Exercise details: Find every line in the records below that contains "passed", and copy it.
***** Provided information
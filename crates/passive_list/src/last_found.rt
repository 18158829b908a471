//! Which entry a CPU found last.

ghost use Rattle.std.specs.Prelude.{◌≡◌, ◌≢◌, IsTrue, None, false};
ghost use Rattle.passive_list.specs.Cpus.{IsFoundLast};

use crate::plain_cpu::PlainCpu;

/// Whether the CPU's last found entry is the one with that number.
#[inline(always)]
pub fn is_found_last(cpu: &PlainCpu, number: u64) -> bool
    ensures yes { IsTrue result → IsFoundLast cpu.now.cpu.view number }
    ensures no { result ≡ false → IsFoundLast cpu.now.cpu.view number → ⊥ }
{
    let found = cpu.found;
    if found.number == 0 {
        return false;
    }
    found.number == number
}

/// Whether it is the one with that number, which is no entry's if it is 0. A CPU that has a last found entry is inside.
#[inline(always)]
pub fn is_open_last(cpu: &PlainCpu, number: u64) -> bool
    requires begun { number ≢ 0 }
    ensures yes { IsTrue result → IsFoundLast cpu.now.cpu.view number }
    ensures inside { IsTrue result → cpu.now.cpu.view.begin ≢ None }
{
    number == cpu.found.number
}
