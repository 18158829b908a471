//! The keeper looks at the section words of the CPUs (pserialize(9)), a load each.

ghost use Rattle.std.specs.Prelude.{◌≡◌, ◌<◌, ◌++◌, ℕ, Some, None};
ghost use Rattle.passive_list.specs.Types.{Entry, Look, Snapshot, Word, Retired};
ghost use Rattle.registry_values.specs.Common.{slot_at};
ghost use Rattle.protocol.specs.Common.{mark_at};
ghost use Rattle.cpu_words.specs.Common.{AreWordsOf, HasLooked, keeper_after_look, did, Makes};
ghost use Rattle.cpu_words.specs.declared.view.View.TheVariants.{Keeper as OfKeeper};

use crate::keeper::{Keeper, mark_place};
use cpu_words::{Words, steps};
use registry_values::looked;

/// Looks at the section word of a CPU for the retired entry in `slot`. True where the CPU has passed, by an earlier look or by this one:
/// its word is even, or differs from its snapshot, so no section of it may hold the entry any more. It is counted as a look.
/// Condition: the slot's entry is retired, and the CPU is one of the table's.
pub fn look(words: &Words, keeper: &mut Keeper, slot: u8, cpu: u8) -> bool
    requires words { AreWordsOf words.now keeper.old.words.table keeper.old.words.settings }
    requires cpu { cpu < keeper.old.words.settings.cpus }
    requires retired { (e : Entry) × (slot_at keeper.old.keeper.slots slot ≡ Retired e) }
    ensures passed { result ≡ (mark_at keeper.new.keeper.view.marks slot cpu).passed }
    ensures change { (w : ℕ) × HasLooked keeper.old.keeper.view (Look (Some slot) cpu) (Word w) slot cpu w keeper.new.keeper.view
        × Makes (Look (Some slot) cpu) (Word w) (OfKeeper keeper.old.keeper.view) (OfKeeper keeper.new.keeper.view)
        × (keeper.new.keeper.log ≡ keeper.old.keeper.log ++ did (Look (Some slot) cpu) (Word w)) }
    ensures slots { keeper.new.keeper.slots ≡ keeper.old.keeper.slots }
    ensures words { keeper.new.words ≡ keeper.old.words }
{
    let word = steps::look(words, &mut keeper.seat, slot, cpu);
    let at = mark_place(keeper.settings.cpus, slot, cpu);
    let mark = looked(keeper.marks[at], word);
    keeper.marks[at] = mark;
    mark.passed
}

/// Takes a snapshot of a CPU's section word for no entry: the word now, even outside a section and odd inside. It is counted as a look.
/// Condition: the CPU is one of the table's.
pub fn snapshot(words: &Words, keeper: &mut Keeper, cpu: u8) -> u64
    requires words { AreWordsOf words.now keeper.old.words.table keeper.old.words.settings }
    requires cpu { cpu < keeper.old.words.settings.cpus }
    ensures event { Makes (Snapshot None cpu) (Word result) (OfKeeper keeper.old.keeper.view) (OfKeeper keeper.new.keeper.view) }
    ensures change { keeper.new.keeper.view ≡ keeper_after_look keeper.old.keeper.view (Snapshot None cpu) (Word result) }
    ensures slots { keeper.new.keeper.slots ≡ keeper.old.keeper.slots }
    ensures log { keeper.new.keeper.log ≡ keeper.old.keeper.log ++ did (Snapshot None cpu) (Word result) }
    ensures words { keeper.new.words ≡ keeper.old.words }
{
    steps::snapshot_now(words, &mut keeper.seat, cpu)
}

/// Looks at a CPU's section word for no entry: the word now, which the caller compares with what `snapshot` answered. It is counted as a
/// look.
/// Condition: the CPU is one of the table's.
pub fn glance(words: &Words, keeper: &mut Keeper, cpu: u8) -> u64
    requires words { AreWordsOf words.now keeper.old.words.table keeper.old.words.settings }
    requires cpu { cpu < keeper.old.words.settings.cpus }
    ensures event { Makes (Look None cpu) (Word result) (OfKeeper keeper.old.keeper.view) (OfKeeper keeper.new.keeper.view) }
    ensures change { keeper.new.keeper.view ≡ keeper_after_look keeper.old.keeper.view (Look None cpu) (Word result) }
    ensures slots { keeper.new.keeper.slots ≡ keeper.old.keeper.slots }
    ensures log { keeper.new.keeper.log ≡ keeper.old.keeper.log ++ did (Look None cpu) (Word result) }
    ensures words { keeper.new.words ≡ keeper.old.words }
{
    steps::look_now(words, &mut keeper.seat, cpu)
}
**********
Output of the exercise:
/// Looks at the section word of a CPU for the retired entry in `slot`. True where the CPU has passed, by an earlier look or by this one:
    ensures passed { result ≡ (mark_at keeper.new.keeper.view.marks slot cpu).passed }
    mark.passed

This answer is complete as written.